MetaDNS: Enhancing Exploration in Discrete Neural Samplers via Well-Tempered Metadynamics

TL;DR

MetaDNS introduces a novel framework that enhances exploration in discrete neural samplers by integrating well-tempered metadynamics, enabling better sampling of high-energy regions and accurate free energy estimation.

Contribution

It is the first to incorporate well-tempered metadynamics into discrete neural samplers, improving exploration and free energy reconstruction capabilities.

Findings

MetaDNS successfully reproduces thermodynamic distributions in challenging benchmarks.

It achieves comparable exploration to MCMC-based methods with fewer bias steps.

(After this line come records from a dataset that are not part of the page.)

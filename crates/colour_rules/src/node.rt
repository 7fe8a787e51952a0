//! A node of the colouring: making it and its greeting.
ghost use Rattle.std.specs.Prelude.{◌≡◌, IfOk};
ghost use Rattle.interference.specs.Net.{IsVertex};
ghost use Rattle.node_api.specs.Boxes.{nothing};
ghost use Rattle.node_api.specs.Program.{own_of};
ghost use Rattle.colour_rules.specs.Node.{greet, made, ports};

use crate::colours::InForests;
use crate::numbers::Long;
use crate::payload::Payload;
use crate::taken::TakenColours;
use cole_vishkin::Identifier;
use forests::Role;
use interference::{Memory, Network};
use node_api::Outbox;
use std::alloc::Global;
use std::marker::Model;

/// A node of the colouring. Contracts see the `Node` of `specs/Node.antt`.
#[derive(Drop)]
pub struct ColourNode {
    pub(crate) id: Identifier,
    pub(crate) nodes: u32,
    pub(crate) greatest_degree: u16,
    pub(crate) greatest_bars: u16,
    pub(crate) forests: u16,
    // The merged colour before the forest that is being merged, and now: 0 to the span.
    pub(crate) colour_before: u16,
    pub(crate) merged: u16,
    // By port. A known role names one of the forests.
    pub(crate) roles: Vec<Role>,
    // The colours before the last shift are 0 to 5.
    pub(crate) colours: InForests,
    // With room for the colours 0 to the span. Of these the barred ones leave one free.
    pub(crate) taken: TakenColours,
}

impl Model for ColourNode {
    ghost use Rattle.std.specs.Prelude.{◌<◌};
    ghost use Rattle.node_api.specs.Program.{Sizes, span};
    ghost use Rattle.colour_rules.specs.InForests.{before_in, colours_in};
    ghost use Rattle.colour_rules.specs.Node.{IsNode, Node};
    ghost use Rattle.colour_rules.specs.Stored.{node_code};
    ghost use Rattle.colour_rules.specs.Taken.{barred_in, chosen_in, room_of};

    ghost Value = { Node };

    ghost coded = { node_code };

    ghost view = { λ a. record {
      id = a.id;
      sizes = record {
        nodes = a.nodes;
        greatest_degree = a.greatest_degree;
        greatest_bars = a.greatest_bars;
        forests = a.forests;
      };
      roles = a.roles.items;
      colours = colours_in a.id a.colours;
      before = before_in a.colours;
      colour_before = a.colour_before;
      merged = a.merged;
      chosen = chosen_in a.taken;
      barred = barred_in a.taken;
    } };

    ghost invariant = { λ a.
        let sizes : Sizes = record {
          nodes = a.nodes;
          greatest_degree = a.greatest_degree;
          greatest_bars = a.greatest_bars;
          forests = a.forests;
        } in
        IsNode sizes a.roles.items (colours_in a.id a.colours) (before_in a.colours) a.colour_before a.merged
        (barred_in a.taken)
        × (span sizes < room_of a.taken) };
}

impl ColourNode {
    /// The node of vertex `v`, before it greets: every role is unknown, its merged colour is the least that
    /// isn't barred, every other colour is 0, and nothing is chosen.
    ///
    /// # Errors
    ///
    /// `Memory` if there is none for its lists.
    pub fn make(alloc: Global, net: &Network, v: u32) -> Result<ColourNode, Memory>
        requires { IsVertex net.now v }
        ensures { IfOk result (λ node. node ≡ made (own_of net.now v)) }
    {
        let nodes = net.nodes();
        let degree = net.degree(v) as usize;
        let greatest_degree = net.greatest_degree() as u16;
        let greatest_bars = net.greatest_bars() as u16;
        let span = greatest_degree + greatest_bars;
        let forests = net.forest_count() as u16;
        let roles = vec![in alloc; Role::Unknown; degree]?;
        let colours = InForests::make(alloc, forests)?;
        let taken = TakenColours::make(alloc, net.bars(v), span)?;
        Ok(ColourNode {
            id: net.id(v),
            nodes,
            greatest_degree,
            greatest_bars,
            forests,
            roles,
            colours,
            colour_before: 0,
            merged: taken.least_free(span),
            taken,
        })
    }

    /// Pulse 0: sends every neighbour the node's identifier.
    pub fn greet(&mut self, out: &mut Outbox<Payload>)
        requires { out.old ≡ nothing (ports self.old) }
        ensures { (self.new, out.new) ≡ greet self.old }
    {
        out.broadcast(Payload::Hello(Long::new(self.id)));
    }

    /// The node's colour so far: the least that isn't barred before its first choice, and its colour once the
    /// rounds are over.
    pub fn colour(&self) -> u16
        ensures { result ≡ self.now.merged }
    {
        self.merged
    }
}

MetaDNS overcomes mode collapse and explores high-energy barriers effectively.

Abstract

Sampling from discrete distributions with multiple modes and energy barriers is fundamental to machine learning and computational physics. Recent discrete neural samplers like MDNS suffer from mode collapse and fail to sample high-energy barrier regions between modes, which is critical for free energy estimation and understanding phase transitions. We propose Metadynamics Discrete Neural Sampler (MetaDNS), a general framework integrating well-tempered metadynamics into discrete diffusion or autoregressive samplers. By maintaining an adaptive, history-dependent bias potential along selected low-dimensional coordinates, MetaDNS forces exploration of previously inaccessible regions, enabling free energy reconstruction infeasible with standard neural samplers due to a lack of high-energy samples. On challenging low-temperature benchmarks including Ising, Potts, and the copper-gold binary alloy, MetaDNS reproduces the thermodynamic distribution. Compared to MCMC-based metadynamics, MetaDNS also achieves comparable exploration requiring fewer bias deposition steps.